On initial evaluation in the ED the patient was found to have a toxicology screen positive for Cocaine, Cannabinoids, Benzodiazepines. A head CT scan revealed a new hypodense lesion in the left frontal lobe. The psychosis was originally attributed to recent cocaine use, however the patient’s delusions persisted. An MRI revealed 5 ring lesions in the left cerebral hemisphere that were consistent with acute plaques of demyelination (figure 1). The patient was started on IVIG for 5 days. Her hallucinations and delusions dissipated shortly after IVIG therapy, however the patient did not return to her cognitive baseline during hospitalization. The patient was discharged to a cognitive rehabilitation program with plans for outpatient neurology follow-up.
Discussion:
Multiple sclerosis is a chronic inflammatory disease of the central nervous system, causing both motor and sensory impairment by progressive demyelinization. The neurological manifestations of MS are well known, but involvement of psychiatric presentations are relatively limited.
Our patient had one episode of steroid induced psychosis upon initial diagnosis 10 years prior to admission, however, her presentation could be confounded by her co-ingestants including cocaine, alcohol and benzodiazepines. Brief psychotic episodes – mainly comprising religious or persecutory delusions and hallucinations – have been associated with MS. Psychosis in MS distinctly differs from schizophrenia as it has a later age at onset, quicker resolution, fewer relapses, better response to treatment and a better prognosis. Our patient’s frontotemporal involvement as revealed on MRI could explain her cognitive dysfunction.
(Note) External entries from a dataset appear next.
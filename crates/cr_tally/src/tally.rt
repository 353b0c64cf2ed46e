//! An aggregate: what it gives of the rows that were seen so far.

ghost use Rattle.std.specs.Prelude.{◌≡◌, ◌∷◌, ◌++◌, [], true, false, map, IsTrue, List, Ok, IfOk};
ghost use Rattle.std.specs.List.{AllByRecursion, AllZip};
ghost use Rattle.cr_value.specs.declared.value.Value.{Value as Content};
ghost use Rattle.std.specs.Option.{ForSome};
ghost use Rattle.cr_scalar.specs.Functions.{all_of};
ghost use Rattle.cr_scalar.specs.Meaning.{bounded, byte_limit};
ghost use Rattle.cr_expr.specs.Eval.{each};
ghost use Rattle.cr_expr.specs.Eval as eval;
ghost use Rattle.cr_expr.specs.Setting.{setting};
ghost use Rattle.cr_tally.specs.Tallies.{AreArguments, IsAlone, gives, is_built_in, is_count};

use crate::show::Call;
use cr_expr::eval::eval_row;
use cr_expr::given::{Given, Hosted};
use cr_host::functions::Functions;
use cr_lattice::table::{Items, Row};
use cr_scalar::aggregate::aggregate;
use cr_scalar::fault::EvalFault;
use cr_select::aggregates::has_aggregate;
use cr_term::expr::Expr;
use cr_term::operator::Aggregate;
use cr_value::packing::SIZE_LIMIT;
use cr_value::value::Value;
use std::alloc::{AllocError, Global};

/// An aggregate, and what it gives of the rows that were seen so far.
#[derive(Drop)]
pub struct Tally<'q> {
    call: Call<'q>,
    value: Value,
}

fn is_built_in(kind: &Aggregate) -> bool
    ensures { result ≡ is_built_in kind.now }
{
    !matches!(kind, Aggregate::Host(_))
}

fn is_count(kind: &Aggregate) -> bool
    ensures { result ≡ is_count kind.now }
{
    matches!(kind, Aggregate::CountAll | Aggregate::Count)
}

// Whether no aggregate stands in an expression.
fn is_alone(expr: &Expr) -> bool
    ensures { result ≡ true → IsAlone expr.now }
{
    !has_aggregate(expr)
}

// Whether none stands in one of several.
fn are_alone(exprs: &[Expr]) -> bool
    ensures { result ≡ true → AllByRecursion IsAlone exprs.now }
{
    for expr in exprs {
        if !is_alone(expr) {
            return false;
        }
    }
    true
}

// Whether a value is within the limit of 1,000,000 bytes.
fn is_small(value: &Value) -> bool
    ensures { IsTrue result → bounded byte_limit value.now ≡ Ok value.now }
{
    value.byte_len() <= SIZE_LIMIT
}

// A row of one value.
fn row_of(alloc: Global, value: Value) -> Result<Row, AllocError>
    ensures { IfOk result (λ row. row ≡ value ∷ []) }
{
    let mut values = Vec::new(alloc);
    values.push(value)?;
    Ok(Items::new(values))
}

// The values of expressions, in memory of their own; `None` where one has a fault.
fn values_over<F: Functions>(
    alloc: Global,
    functions: &F,
    exprs: &[Expr],
    given: &Given<'_>,
) -> Result<Option<Row>, AllocError>
    requires { F.is_faithful functions.now }
    ensures { IfOk result (λ o. ForSome o (λ values. all_of (each (map eval.meaning exprs.now) (setting byte_limit (⟦<F as Hosted>⟧.means functions.now) given.now)) ≡ Ok values)) }
{
    match eval_row(alloc, exprs, given, functions) {
        Ok(values) => Ok(Some(values)),
        Err(EvalFault::Memory) => Err(AllocError),
        Err(_) => Ok(None),
    }
}

// The arguments on a row; `None` where one has a fault.
fn arguments_on<F: Functions>(
    alloc: Global,
    functions: &F,
    args: &[Expr],
    row: &[Value],
    params: &[Value],
) -> Result<Option<Row>, AllocError>
    requires { F.is_faithful functions.now }
    ensures { IfOk result (λ o. ForSome o (λ given. AllByRecursion IsAlone args.now → AreArguments (⟦<F as Hosted>⟧.means functions.now) params.now args.now row.now given)) }
{
    let given = Given {
        row,
        params,
        group: &[],
        shown: &[],
    };
    values_over(alloc, functions, args, &given)
}

// The arguments on each of some rows; `None` where one has a fault.
fn arguments_of<F: Functions>(
    alloc: Global,
    functions: &F,
    args: &[Expr],
    rows: &[Row],
    params: &[Value],
) -> Result<Option<Vec<Row>>, AllocError>
    requires { F.is_faithful functions.now }
    ensures { IfOk result (λ o. ForSome o (λ v. AllByRecursion IsAlone args.now → AllZip (AreArguments (⟦<F as Hosted>⟧.means functions.now) params.now args.now) rows.now v.items)) }
{
    let mut out = Vec::new(alloc);
    for row in rows {
        let Some(given) = arguments_on(alloc, functions, args, row.as_slice(), params)? else {
            return Ok(None);
        };
        out.push(given)?;
    }
    Ok(Some(out))
}

// What an aggregate gives of rows of arguments; `None` where it has a fault.
fn given<F: Functions>(
    alloc: Global,
    functions: &F,
    kind: &Aggregate,
    rows: Vec<Row>,
) -> Result<Option<Value>, AllocError>
    requires { F.is_faithful functions.now }
    ensures { IfOk result (λ o. ForSome o (λ v. gives (⟦<F as Hosted>⟧.means functions.now) kind.now rows.items ≡ Ok v)) }
{
    match aggregate(alloc, functions, kind, 1, Items::new(rows)) {
        Ok(value) => Ok(Some(value)),
        Err(EvalFault::Memory) => Err(AllocError),
        Err(_) => Ok(None),
    }
}

// A count, with that of further rows of arguments.
fn count_with<F: Functions>(
    alloc: Global,
    functions: &F,
    kind: &Aggregate,
    count: Value,
    rows: Vec<Row>,
) -> Result<Option<Value>, AllocError>
    requires functions { F.is_faithful functions.now }
    requires count { is_count kind.now ≡ true }
    ensures { IfOk result (λ o. ForSome o (λ v. (seen : List (List Content)) → gives (⟦<F as Hosted>⟧.means functions.now) kind.now seen ≡ Ok count
        → gives (⟦<F as Hosted>⟧.means functions.now) kind.now (seen ++ rows.items) ≡ Ok v)) }
{
    let Some(more) = given(alloc, functions, kind, rows)? else {
        return Ok(None);
    };
    let mut counts = Vec::new(alloc);
    counts.push(row_of(alloc, count)?)?;
    counts.push(row_of(alloc, more)?)?;
    given(alloc, functions, &Aggregate::Sum, counts)
}

// A sum, or the least or the greatest value, with further rows of arguments.
fn value_with<F: Functions>(
    alloc: Global,
    functions: &F,
    kind: &Aggregate,
    value: Value,
    mut rows: Vec<Row>,
) -> Result<Option<Value>, AllocError>
    requires functions { F.is_faithful functions.now }
    requires built_in { is_built_in kind.now ≡ true }
    requires no_count { is_count kind.now ≡ false }
    ensures { IfOk result (λ o. ForSome o (λ v. (seen : List (List Content)) → gives (⟦<F as Hosted>⟧.means functions.now) kind.now seen ≡ Ok value
        → gives (⟦<F as Hosted>⟧.means functions.now) kind.now (seen ++ rows.items) ≡ Ok v)) }
{
    let mut all = Vec::new(alloc);
    all.push(row_of(alloc, value)?)?;
    all.append(&mut rows)?;
    given(alloc, functions, kind, all)
}

// What an aggregate gives, with further rows of arguments; `None` where it has a fault.
fn next_value<F: Functions>(
    alloc: Global,
    functions: &F,
    kind: &Aggregate,
    value: Value,
    rows: Vec<Row>,
) -> Result<Option<Value>, AllocError>
    requires functions { F.is_faithful functions.now }
    requires built_in { is_built_in kind.now ≡ true }
    ensures { IfOk result (λ o. ForSome o (λ v. (seen : List (List Content)) → gives (⟦<F as Hosted>⟧.means functions.now) kind.now seen ≡ Ok value
        → gives (⟦<F as Hosted>⟧.means functions.now) kind.now (seen ++ rows.items) ≡ Ok v)) }
{
    if is_count(kind) {
        count_with(alloc, functions, kind, value, rows)
    } else {
        value_with(alloc, functions, kind, value, rows)
    }
}

impl<'q> Tally<'q> {
    ghost use Rattle.std.specs.Prelude.{◌≡◌, [], List, IfOk};
    ghost use Rattle.std.specs.Option.{ForSome};
    ghost use Rattle.cr_value.specs.declared.value.Value.{Value};
    ghost use Rattle.cr_tally.specs.Tallies.{Step, Tells, Worth};

    /// What an aggregate gives of no rows; `None` where it is none that SQLite has, or an aggregate stands in an argument.
    pub fn new<F: Functions>(
        alloc: Global,
        functions: &F,
        call: Call<'q>,
    ) -> Result<Option<Tally<'q>>, AllocError>
        requires { F.is_faithful functions.now }
        ensures { IfOk result (λ o. ForSome o (λ t. (t.call ≡ call.entry) × ((params : List Value) → Tells (⟦<F as Hosted>⟧.means functions.now) params [] t))) }
    {
        if !is_built_in(call.kind) || !are_alone(call.args) {
            return Ok(None);
        }
        match given(alloc, functions, call.kind, Vec::new(alloc))? {
            Some(value) => Ok(Some(Tally { call, value })),
            None => Ok(None),
        }
    }

    /// The same with more rows behind those that were seen so far; `None` where an argument or the aggregate has a fault.
    pub fn with<F: Functions>(
        self,
        alloc: Global,
        functions: &F,
        rows: &[Row],
        params: &[Value],
    ) -> Result<Option<Tally<'q>>, AllocError>
        requires { F.is_faithful functions.now }
        ensures { IfOk result (λ o. ForSome o (Step (⟦<F as Hosted>⟧.means functions.now) params.now rows.now self.entry)) }
    {
        let call = self.call;
        if !is_built_in(call.kind) {
            return Ok(None);
        }
        let Some(arguments) = arguments_of(alloc, functions, call.args, rows, params)? else {
            return Ok(None);
        };
        match next_value(alloc, functions, call.kind, self.value, arguments)? {
            Some(value) => Ok(Some(Tally { call, value })),
            None => Ok(None),
        }
    }

    /// What the aggregate gives of the rows that were seen; `None` where that is over the limit of 1,000,000 bytes.
    pub fn into_value(self) -> Option<Value>
        ensures { ForSome result (Worth self.entry) }
    {
        if is_small(&self.value) {
            Some(self.value)
        } else {
            None
        }
    }
}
Our patient had gone over 10 years without an MS flare. One month prior to admission, she was evaluated by her neurologist who performed an MRI which revealed no active plaques. We suspected that the patient was non-compliant with her Fingolimid, which led to a severe MS exacerbation with cognitive and psychotic features.
Conclusions: As in this case, psychosis caused by active MS exacerbation should be considered when certain territories are involved and after alternate etiologies have been entertained.